### Data excerpts
//! Jobs and their runs.

ghost use Rattle.std.specs.Prelude.{◌≡◌, is_some, IfOk, IfErr};
ghost use Rattle.scheduler.specs.JobRuns.{LocksTouched, IsDoneOf};

use crate::parts::Parts;
use interp::Entry;
use meaning::Outcome;
use row_store::Loan;
use std::alloc::Global;
use std::marker::Model;

/// A transaction that is out: its number, its entry, and a loan of the rows that its plan locks. It is a handle: to
/// move it is to move a word.
#[derive(Drop)]
pub struct Job {
    parts: Box<Parts>,
}

impl Model for Job {
    ghost use Rattle.scheduler.specs.JobRuns.{JobOf, job_code};

    ghost Value = { JobOf };

    ghost coded = { job_code };

    ghost view = { λ j. j.parts.value };
}

impl Job {
    /// A job of these. The entry is over the loan's tables, and the loan's plan locks each row name that it may touch.
    /// If allocation fails, the loan comes back.
    pub(crate) fn new(alloc: Global, no: u64, entry: Entry, loan: Loan) -> Result<Job, Loan>
        requires tables { entry.request.proc.tables ≡ loan.tables }
        requires locks { LocksTouched entry loan }
        ensures job { IfOk result (λ job. job ≡ record { no = no; entry = entry; loan = loan }) }
        ensures back { IfErr result (λ back. back ≡ loan) }
    {
        let parts = Parts::new(alloc, no, entry, loan);
        match Box::new(alloc, parts) {
            Ok(parts) => Ok(Job { parts }),
            Err(refused) => Err(refused.value.into_loan()),
        }
    }

    /// The transaction's number.
    pub fn no(&self) -> u64
        ensures { result ≡ self.now.no }
    {
        self.parts.no()
    }

    /// The transaction's entry.
    pub fn entry(&self) -> &Entry
        ensures { result.now ≡ self.now.entry }
    {
        self.parts.entry()
    }

    /// The job's loan.
    pub(crate) fn into_loan(self) -> Loan
        ensures { result ≡ self.loan }
    {
        let Job { parts } = self;
        Box::into_inner(parts).into_loan()
    }
}

/// A job that came back: with the outcome of its run and the rows that it leaves, or, for
/// want of memory, as it was lent.
#[derive(Drop)]
pub struct Done {
    job: Job,
    outcome: Option<Outcome>,
}

impl Model for Done {
    ghost use Rattle.scheduler.specs.JobRuns.{DoneOf, done_code};

    ghost Value = { DoneOf };

    ghost coded = { done_code };

    ghost view = { λ d. record { job = d.job; outcome = d.outcome } };
}

impl Done {
    /// The transaction's number.
    pub fn no(&self) -> u64
        ensures { result ≡ self.now.job.no }
    {
        self.job.no()
    }

    /// Whether it was run; it comes back as it was lent if not.
    pub fn is_run(&self) -> bool
        ensures { result ≡ is_some self.now.outcome }
    {
        self.outcome.is_some()
    }

    /// The job, and its outcome where it was run.
    pub(crate) fn into_parts(self) -> (Job, Option<Outcome>)
        ensures job { result.0 ≡ self.job }
        ensures outcome { result.1 ≡ self.outcome }
    {
        let Done { job, outcome } = self;
        (job, outcome)
    }
}

/// Runs a job. On every database that agrees with the loan on what its plan locks, the entry has the outcome that comes
/// back, and leaves the rows that the loan then shows. If allocation fails the job comes back as it was lent.
pub fn run_job(job: Job) -> Done
    ensures { IsDoneOf job result }
{
    let mut job = job;
    let outcome = job.parts.run_on_loan().ok();
    Done { job, outcome }
}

### Task directions
What the task asks for is a word-for-word repeat of the lines above, from the first through the one containing "match Box::new(alloc, parts)".

### Result
//! Jobs and their runs.

ghost use Rattle.std.specs.Prelude.{◌≡◌, is_some, IfOk, IfErr};
ghost use Rattle.scheduler.specs.JobRuns.{LocksTouched, IsDoneOf};

use crate::parts::Parts;
use interp::Entry;
use meaning::Outcome;
use row_store::Loan;
use std::alloc::Global;
use std::marker::Model;

/// A transaction that is out: its number, its entry, and a loan of the rows that its plan locks. It is a handle: to
/// move it is to move a word.
#[derive(Drop)]
pub struct Job {
    parts: Box<Parts>,
}

impl Model for Job {
    ghost use Rattle.scheduler.specs.JobRuns.{JobOf, job_code};

    ghost Value = { JobOf };

    ghost coded = { job_code };

    ghost view = { λ j. j.parts.value };
}

impl Job {
    /// A job of these. The entry is over the loan's tables, and the loan's plan locks each row name that it may touch.
    /// If allocation fails, the loan comes back.
    pub(crate) fn new(alloc: Global, no: u64, entry: Entry, loan: Loan) -> Result<Job, Loan>
        requires tables { entry.request.proc.tables ≡ loan.tables }
        requires locks { LocksTouched entry loan }
        ensures job { IfOk result (λ job. job ≡ record { no = no; entry = entry; loan = loan }) }
        ensures back { IfErr result (λ back. back ≡ loan) }
    {
        let parts = Parts::new(alloc, no, entry, loan);
        match Box::new(alloc, parts) {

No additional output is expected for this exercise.